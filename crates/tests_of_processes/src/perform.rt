// `first_wrong`: performs the rows of a story (operations of a test case, each with the reply that it must get) on a process
// in memory, and returns the first wrong reply.

ghost use Rattle.address_space.specs.Agreement.{body_of, IsAlive};
ghost use Rattle.frame_store.specs.Laws.{IsSeatOf, KeepsSeats};

use crate::operation::{Operation, Row};
use address_space::{AccessRequest, Space};
use fault_rules::{Served, serve};
use file_cabinet::Files;
use frame_store::{FrameAccess, FrameSeat, FrameSupply};
use lazy_growth::sbrk;
use mmap_regions::{mmap, munmap, promise_write_back, write_back};
use process_model::ScalarReply::{Done, Ended, MappedAt, OldSize, Ready, Refused, Value};
use process_model::{Refusal, ScalarReply, is_width};
use sv39_entry::{Mode, Va};

/// The number of the first row that got another reply, with that reply; `None`: no row did.
pub(crate) type Wrong = Option<(usize, ScalarReply)>;

/// Performs the rows in order, up to the first that gets another reply than it must. Returns that row's number and reply,
/// `None` if there is none.
pub(crate) fn first_wrong<S: FrameSeat, F: FrameSupply<Seat = S>, C: Files>(
    space: &mut Space<S>,
    store: &mut F,
    files: &mut C,
    rows: &[Row],
) -> Wrong
    requires fits { IsSeatOf F.invariant store.old space.old.seat }
    requires alive { IsAlive (body_of S.view space.old) }
    ensures alive { IsAlive (body_of S.view space.new) }
    ensures keeps { KeepsSeats F.invariant store.old space.old.seat store.new space.new.seat }
{
    'rows: for number in 0..rows.len() {
        let (operation, wanted) = rows[number];
        let reply = perform(space, store, files, operation);
        if reply != wanted {
            return Some((number, reply));
        }
    }
    None
}

/// Performs one operation and returns the reply.
fn perform<S: FrameSeat, F: FrameSupply<Seat = S>, C: Files>(
    space: &mut Space<S>,
    store: &mut F,
    files: &mut C,
    operation: Operation,
) -> ScalarReply
    requires fits { IsSeatOf F.invariant store.old space.old.seat }
    requires alive { IsAlive (body_of S.view space.old) }
    ensures alive { IsAlive (body_of S.view space.new) }
    ensures keeps { KeepsSeats F.invariant store.old space.old.seat store.new space.new.seat }
{
    match operation {
        Operation::Grow(delta) => match sbrk(space, store, delta) {
            Ok(size) => OldSize(size),
            Err(error) => Refused(error.into()),
        },
        Operation::Map(length, protection, flags, file) => {
            match mmap(space, files, length, protection, flags, file) {
                Ok(address) => MappedAt(address),
                Err(refusal) => Refused(refusal),
            }
        }
        Operation::Unmap(address, length) => match munmap(space, store, files, address, length) {
            Ok(()) => Done,
            Err(refusal) => Refused(refusal),
        },
        Operation::Serve(access, address) => {
            served(serve(space, store, files, Va(address), 1, access))
        }
        Operation::Touch(access, address, width, value) => touch(
            space,
            store,
            AccessRequest::new(access, address, width, value),
        ),
        Operation::WriteBack => write_all(space, store, files),
        Operation::Look(file, offset) => look(files, file, offset),
    }
}

/// The reply to the service of a fault.
fn served(outcome: Served) -> ScalarReply {
    match outcome {
        Served::Ready => Ready,
        Served::Ended(rule) => Ended(rule),
        Served::Unserved(refusal) => Refused(refusal),
    }
}

/// A user access, by a walk of the page table. Refused with `BadArgument` if the width is not 1, 2, 4 or 8.
fn touch<S: FrameSeat, F: FrameAccess<Seat = S>>(
    space: &mut Space<S>,
    store: &mut F,
    request: AccessRequest,
) -> ScalarReply
    requires fits { IsSeatOf F.invariant store.old space.old.seat }
    requires alive { IsAlive (body_of S.view space.old) }
    ensures alive { IsAlive (body_of S.view space.new) }
    ensures keeps { KeepsSeats F.invariant store.old space.old.seat store.new space.new.seat }
{
    if !is_width(request.width) {
        return Refused(Refusal::BadArgument);
    }
    let walk = space.translate(store, request.va, request.access, Mode::User);
    space.user_access(store, walk, request)
}

/// Writes back the stored pages of all mappings, after a promise for them. The reply is the refusal of that promise, if it is
/// refused.
fn write_all<S: FrameSeat, F: FrameAccess<Seat = S>, C: Files>(
    space: &mut Space<S>,
    store: &mut F,
    files: &mut C,
) -> ScalarReply
    requires fits { IsSeatOf F.invariant store.old space.old.seat }
    requires alive { IsAlive (body_of S.view space.old) }
    ensures alive { IsAlive (body_of S.view space.new) }
    ensures keeps { KeepsSeats F.invariant store.old space.old.seat store.new space.new.seat }
{
    match promise_write_back(space, store, files) {
        Ok(()) => {
            write_back(space, store, files);
            Done
        }
        Err(error) => Refused(error.into()),
    }
}

/// The eight bytes of a file from `offset` on, as a number whose lowest byte is the first, after a promise. Zeros past the
/// file's end.
fn look<C: Files>(files: &mut C, file: usize, offset: usize) -> ScalarReply {
    if let Err(error) = files.promise(1) {
        return Refused(error.into());
    }
    let mut page = [0; 4096];
    files.read_page(file, offset, &mut page);
    let mut first = [0; 8];
    first.copy_from_slice(&page[..8]);
    Value(u64::from_le_bytes(first))
}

----

• _What is being asked_
Print the entries once more, identical in every line.

• _Result_
filename crates/tests_of_processes/src/perform.rt
// `first_wrong`: performs the rows of a story (operations of a test case, each with the reply that it must get) on a process
// in memory, and returns the first wrong reply.

ghost use Rattle.address_space.specs.Agreement.{body_of, IsAlive};
ghost use Rattle.frame_store.specs.Laws.{IsSeatOf, KeepsSeats};

use crate::operation::{Operation, Row};
use address_space::{AccessRequest, Space};
use fault_rules::{Served, serve};
use file_cabinet::Files;
use frame_store::{FrameAccess, FrameSeat, FrameSupply};
use lazy_growth::sbrk;
use mmap_regions::{mmap, munmap, promise_write_back, write_back};
use process_model::ScalarReply::{Done, Ended, MappedAt, OldSize, Ready, Refused, Value};
use process_model::{Refusal, ScalarReply, is_width};
use sv39_entry::{Mode, Va};

/// The number of the first row that got another reply, with that reply; `None`: no row did.
pub(crate) type Wrong = Option<(usize, ScalarReply)>;

/// Performs the rows in order, up to the first that gets another reply than it must. Returns that row's number and reply,
/// `None` if there is none.
pub(crate) fn first_wrong<S: FrameSeat, F: FrameSupply<Seat = S>, C: Files>(
    space: &mut Space<S>,
    store: &mut F,
    files: &mut C,
    rows: &[Row],
) -> Wrong
    requires fits { IsSeatOf F.invariant store.old space.old.seat }
    requires alive { IsAlive (body_of S.view space.old) }
    ensures alive { IsAlive (body_of S.view space.new) }
    ensures keeps { KeepsSeats F.invariant store.old space.old.seat store.new space.new.seat }
{
    'rows: for number in 0..rows.len() {
        let (operation, wanted) = rows[number];
        let reply = perform(space, store, files, operation);
        if reply != wanted {
            return Some((number, reply));
        }
    }
    None
}

/// Performs one operation and returns the reply.
fn perform<S: FrameSeat, F: FrameSupply<Seat = S>, C: Files>(
    space: &mut Space<S>,
    store: &mut F,
    files: &mut C,
    operation: Operation,
) -> ScalarReply
    requires fits { IsSeatOf F.invariant store.old space.old.seat }
    requires alive { IsAlive (body_of S.view space.old) }
    ensures alive { IsAlive (body_of S.view space.new) }
    ensures keeps { KeepsSeats F.invariant store.old space.old.seat store.new space.new.seat }
{
    match operation {
        Operation::Grow(delta) => match sbrk(space, store, delta) {
            Ok(size) => OldSize(size),
            Err(error) => Refused(error.into()),
        },
        Operation::Map(length, protection, flags, file) => {
            match mmap(space, files, length, protection, flags, file) {
                Ok(address) => MappedAt(address),
                Err(refusal) => Refused(refusal),
            }
        }
        Operation::Unmap(address, length) => match munmap(space, store, files, address, length) {
            Ok(()) => Done,
            Err(refusal) => Refused(refusal),
        },
        Operation::Serve(access, address) => {
            served(serve(space, store, files, Va(address), 1, access))
        }
        Operation::Touch(access, address, width, value) => touch(
            space,
            store,
            AccessRequest::new(access, address, width, value),
        ),
        Operation::WriteBack => write_all(space, store, files),
        Operation::Look(file, offset) => look(files, file, offset),
    }
}

/// The reply to the service of a fault.
fn served(outcome: Served) -> ScalarReply {
    match outcome {
        Served::Ready => Ready,
        Served::Ended(rule) => Ended(rule),
        Served::Unserved(refusal) => Refused(refusal),
    }
}

/// A user access, by a walk of the page table. Refused with `BadArgument` if the width is not 1, 2, 4 or 8.
fn touch<S: FrameSeat, F: FrameAccess<Seat = S>>(
    space: &mut Space<S>,
    store: &mut F,
    request: AccessRequest,
) -> ScalarReply
    requires fits { IsSeatOf F.invariant store.old space.old.seat }
    requires alive { IsAlive (body_of S.view space.old) }
    ensures alive { IsAlive (body_of S.view space.new) }
    ensures keeps { KeepsSeats F.invariant store.old space.old.seat store.new space.new.seat }
{
    if !is_width(request.width) {
        return Refused(Refusal::BadArgument);
    }
    let walk = space.translate(store, request.va, request.access, Mode::User);
    space.user_access(store, walk, request)
}

/// Writes back the stored pages of all mappings, after a promise for them. The reply is the refusal of that promise, if it is
/// refused.
fn write_all<S: FrameSeat, F: FrameAccess<Seat = S>, C: Files>(
    space: &mut Space<S>,
    store: &mut F,
    files: &mut C,
) -> ScalarReply
    requires fits { IsSeatOf F.invariant store.old space.old.seat }
    requires alive { IsAlive (body_of S.view space.old) }
    ensures alive { IsAlive (body_of S.view space.new) }
    ensures keeps { KeepsSeats F.invariant store.old space.old.seat store.new space.new.seat }
{
    match promise_write_back(space, store, files) {
        Ok(()) => {
            write_back(space, store, files);
            Done
        }
        Err(error) => Refused(error.into()),
    }
}

/// The eight bytes of a file from `offset` on, as a number whose lowest byte is the first, after a promise. Zeros past the
/// file's end.
fn look<C: Files>(files: &mut C, file: usize, offset: usize) -> ScalarReply {
    if let Err(error) = files.promise(1) {
        return Refused(error.into());
    }
    let mut page = [0; 4096];
    files.read_page(file, offset, &mut page);
    let mut first = [0; 8];
    first.copy_from_slice(&page[..8]);
    Value(u64::from_le_bytes(first))
}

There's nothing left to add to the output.